Sunday, January 19, 2020
Sunday Reflection: Into the high desert prison
On Thursday, I traveled to a remote and starkly beautiful part of California, on the lee side of the Sierra Nevada. To get there, you drive north from Reno into California and a last vestige of the unfenced West. Dry mountains rise up to the left, and there are few signs of people other than the rare truck passing in the other direction on US 395, a two-lane road that winds up to Susanville and beyond. After about an hour, as I approached my destination, I saw a storm rising and gliding along the mountain peaks, pushing before it a whirling dust storm that swept down into the valley and seemed to be scouring the ground in search of something.
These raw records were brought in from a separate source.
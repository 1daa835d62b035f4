// The sweep of every collection. After a walk the mark of a record says that its object is kept; the sweep needs nothing else of the walk.
#![tactic(auto)]

ghost use Rattle.std.specs.Prelude.{◌≡◌};
ghost use Rattle.rules.specs.Buffers.{each_record};
ghost use Rattle.rules.specs.Sweep.{kept_record};
ghost use Rattle.sweep.specs.Sweep as S;

use bitmap::ones;
use layout::limits::{OBJECT_MAX, map_len, slots_len};
use places::fill_sets;
use records::{
    cluster_of, is_marked, is_reached, loose, with_marked, with_postponed, with_reached,
};
use table::clusters::record_of;

mod freed;

use freed::{empty_places, fill_map, free_all};

// ---- marks

// How many of the objects 1 to n are marked.
pub fn count_marked(n: u32, records: &[u32]) -> u32
    ensures { result ≡ S.marked_count n records.now }
{
    let end = (n as usize).min(records.len());
    // Counted in words of 32 bits, which `count` would have to be cast to.
    let mut k: u32 = 0;
    for r in &records[..end] {
        if is_marked(*r) {
            k += 1;
        }
    }
    k
}

// The record r, marked where its head is reached.
fn member_marked(n: u32, r: u32, records: &[u32]) -> u32
    ensures { result ≡ S.member_marked n records.now r }
{
    let c = cluster_of(r);
    if c != 0 && is_reached(record_of(n, c, records)) {
        with_marked(r, true)
    } else {
        r
    }
}

// Marks the members of every cluster whose head is reached.
pub fn mark_members(n: u32, records: &mut [u32])
    ensures { records.new ≡ S.members_marked n records.old }
{
    let end = (n as usize).min(records.len());
    // By index: a record is stored while others are read.
    for i in 0..end {
        let r = records[i];
        records[i] = member_marked(n, r, records);
    }
}

// The record r without the three flags of a walk.
fn unflagged_record(r: u32) -> u32
    ensures { result ≡ S.unflagged_record r }
{
    with_reached(with_postponed(with_marked(r, false), false), false)
}

// Takes the three flags off the first n records.
fn clear_marks(n: u32, records: &mut [u32])
    ensures { records.new ≡ S.unflagged n records.old }
{
    let end = (n as usize).min(records.len());
    for r in &mut records[..end] {
        *r = unflagged_record(*r);
    }
}

// ---- clusters

// The record r, loose where its head is not marked.
fn head_kept(n: u32, r: u32, records: &[u32]) -> u32
    ensures { result ≡ kept_record (S.marked_at n records.now) r }
{
    let c = cluster_of(r);
    if c == 0 || is_marked(record_of(n, c, records)) {
        r
    } else {
        loose(r)
    }
}

// Dissolves every cluster whose head is not marked.
fn dissolve(n: u32, records: &mut [u32])
    ensures { records.new ≡ each_record n (λ x r. kept_record (S.marked_at n records.old) r) records.old }
{
    let end = (n as usize).min(records.len());
    // By index, as in `mark_members`.
    for i in 0..end {
        let r = records[i];
        records[i] = head_kept(n, r, records);
    }
}

// ---- the sweep

// Frees what is in use and not marked, dissolves the clusters whose heads are not marked, takes the marks off, empties the places of
// freed sinks, makes every set exact, and answers how many objects it freed; the map tells which. Where n is above 4,095, or records,
// slots or map are too short, it does nothing.
pub fn sweep(
    n: u32,
    records: &mut [u32],
    slots: &mut [u32],
    sinks: &mut [u32],
    sets: &mut [u64],
    map: &mut [u64],
) -> u32
    ensures { S.AfterSweep n records.old slots.old sinks.old sets.old map.old
        records.new slots.new sinks.new sets.new map.new result }
{
    let k = map_len(n);
    if OBJECT_MAX < n || records.len() < n as usize || slots.len() < slots_len(n) || map.len() < k {
        return 0;
    }
    fill_map(n, records, map);
    let map = &map[..k];
    let freed = ones(map);
    dissolve(n, records);
    free_all(map, records, slots);
    empty_places(map, sinks);
    clear_marks(n, records);
    fill_sets(n, records, slots, sinks, sets);
    freed
}
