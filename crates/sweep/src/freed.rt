// The freed map, and the freeing by it.
ghost use Rattle.std.specs.Prelude.{◌≡◌, cond, ◌≤◌, length};
ghost use Rattle.layout.specs.Limits.{object_max, map_len};
ghost use Rattle.bitmap.specs.Bits.{word_of, set_bits, numbers_in, holds};
ghost use Rattle.rules.specs.Buffers.{each_from};
ghost use Rattle.sweep.specs.Sweep as S;

use bitmap::{has_bit, lowest_bit, without_lowest};
use layout::limits::{SINK_MAX, map_len, slots_len};
use records::{in_use, is_marked};
use table::buffers::clear_eight;
use table::clusters::record_of;

// Whether object x is in use and not marked.
fn is_freed(n: u32, x: u32, records: &[u32]) -> bool
    ensures { result ≡ S.freed_at n records.now x }
{
    let r = record_of(n, x, records);
    in_use(r) && !is_marked(r)
}

// Word j of the freed map, from its highest bit down. `places::members::word_of` is the same of another test: with the test as a closure each
// would be as long.
fn freed_word(n: u32, j: u32, records: &[u32]) -> u64
    requires { j ≤ 64 }
    ensures { result ≡ word_of (S.freed_at n records.now) j }
{
    let mut word: u64 = 0;
    for b in (0..64).rev() {
        word = word * 2 + is_freed(n, 64 * j + b, records) as u64;
    }
    word
}

// Fills the freed map.
pub(crate) fn fill_map(n: u32, records: &[u32], map: &mut [u64])
    requires n_le_object_max { n ≤ object_max }
    requires n_in_bounds { map_len n ≤ length map.old }
    ensures { map.new ≡ each_from 0 (map_len n) (λ j w. word_of (S.freed_at n records.now) j) map.old }
{
    let k = map_len(n);
    for (j, w) in map[..k].iter_mut().enumerate() {
        *w = freed_word(n, j as u32, records);
    }
}

// The record of object x becomes 0.
fn clear_record(x: u32, records: &mut [u32])
    ensures { records.new ≡ S.clear_record x records.old }
{
    if x != 0 && x as usize <= records.len() {
        records[(x - 1) as usize] = 0;
    }
}

// The eight slots of object x become 0.
fn clear_slots(x: u32, slots: &mut [u32])
    ensures { slots.new ≡ S.clear_slots x slots.old }
{
    if x != 0 {
        clear_eight(slots, slots_len(x - 1));
    }
}

// Frees the objects whose bits are set in a word of the map: object base + b for bit b.
fn free_word(base: u32, word: u64, records: &mut [u32], slots: &mut [u32])
    requires { base ≤ 4096 }
    ensures records_after { records.new ≡ S.in_turn S.clear_record (set_bits 64 word base) records.old }
    ensures slots_after { slots.new ≡ S.in_turn S.clear_slots (set_bits 64 word base) slots.old }
{
    let mut rest = word;
    // Not a `for`: bit by bit, from the lowest on.
    while rest != 0 {
        let x = base + lowest_bit(rest);
        clear_record(x, records);
        clear_slots(x, slots);
        rest = without_lowest(rest);
    }
}

// Frees every object whose bit is set in the map.
pub(crate) fn free_all(map: &[u64], records: &mut [u32], slots: &mut [u32])
    requires { length map.now ≤ 64 }
    ensures records_after { records.new ≡ S.in_turn S.clear_record (numbers_in 0 map.now) records.old }
    ensures slots_after { slots.new ≡ S.in_turn S.clear_slots (numbers_in 0 map.now) slots.old }
{
    for (j, w) in map.iter().enumerate() {
        free_word(64 * j as u32, *w, records, slots);
    }
}

// What stays in a place that has y: y, or nothing where its bit is set in the map.
fn left_in_place(y: u32, map: &[u64]) -> u32
    ensures { result ≡ cond (holds y map.now) 0 y }
{
    if has_bit(map, y as usize) { 0 } else { y }
}

// Empties the places of the sinks whose bits are set in the map.
pub(crate) fn empty_places(map: &[u64], sinks: &mut [u32])
    ensures { sinks.new ≡ S.emptied map.now sinks.old }
{
    let end = (SINK_MAX as usize).min(sinks.len());
    for y in &mut sinks[..end] {
        *y = left_in_place(*y, map);
    }
}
Herlong is a town that lives off two federal institutions: an Army depot, and a federal prison. I was there to visit the prison. As I parked, I thought about how my travels to prisons often take me to these hidden corners that otherwise I never would have found, and about how different they were from the homes of many of the people imprisoned there. It would be like being whisked out of Baltimore and set down on Tatooine.
I'm on a tour of sorts, going to prisons to talk about clemency in the federal system. I've given variations of that talk before several times: at the White House (more than once), at St. Thomas, at Harvard, at Yale, at Stanford, and many other places. But this is what I should have done first. This is where clemency matters. When I prepared, I used my notes from a talk at Harvard and took out the things you need to explain to a 25-year-old Harvard student but not to a man whose has been incarcerated for those same 25 years. It did not matter that this talk was given in the middle of a cell block. Truth is truth.
The staff at the prison were gracious and helpful. I gave two talks, to about 150 men overall. There was no introduction. I began by explaining who I was (which can take a while, frankly). Part of that story, of course, is that I was a federal prosecutor, and for five years I sought the incarceration of men like them. But I also talked about what I learned from that, and what I do now. The heart of the lecture is about what clemency is and is not; essentially a very simple thing that has been encased in a very complex process.
I have learned to allow a lot of time for questions. Like any other human interaction, listening is more important than talking most of the time. In this session, there were three people who asked questions that have stuck with me and are still rolling around in my head.
A man rose and introduced himself. His question was simple: "What can we do so that our families will forgive us?"
It takes great hubris, I guess, to even try to answer that question. I'm not sure how well I answered, but I did my best. I said that one thing that helps is to become forgiving ourselves, and that humility is the key to almost anything worth accomplishing. I told a few stories of forgiveness heroes, on both sides, and how they got there. But it was the question that was more important than my answer.
Another man told a story. In August of 2016, I called the prison he was in to tell his friend Richard Winrow that Richard was receiving clemency (you can read a good BBC report on the Winrow case here). I remember the moment clearly, but he told me what I didn't know: what happened on the other end. Instantly, people knew what the call was about, that the most powerful person on Earth, Barack Obama, had decided to free a man who had been in prison on a drug charge since the 1980's. There was a wave of joy there that echoed my own in my little office in Minneapolis. It was a moment as memorable to this man as it was to me, and he wasn't the one receiving clemency. Like the others there, though, he was one receiving hope. And the urgency of my mission is propelled by that hope.
In response to another question, the last one, I talked about another call I made that same day, to yet another man who was receiving freedom after decades in prison on a life without parole sentence for a drug crime. I called the prison, and told him the good news. There was a silence, I told the audience, and then my client said "God is good."
And, before I could continue the story, the roomful of men in khaki said in unison "All the time." And that hung in the air like the dust storm in the valley.
That was a moment.
Jesus told us to visit those in prison. So far, on this project, I am finding it is probably more for me than for them.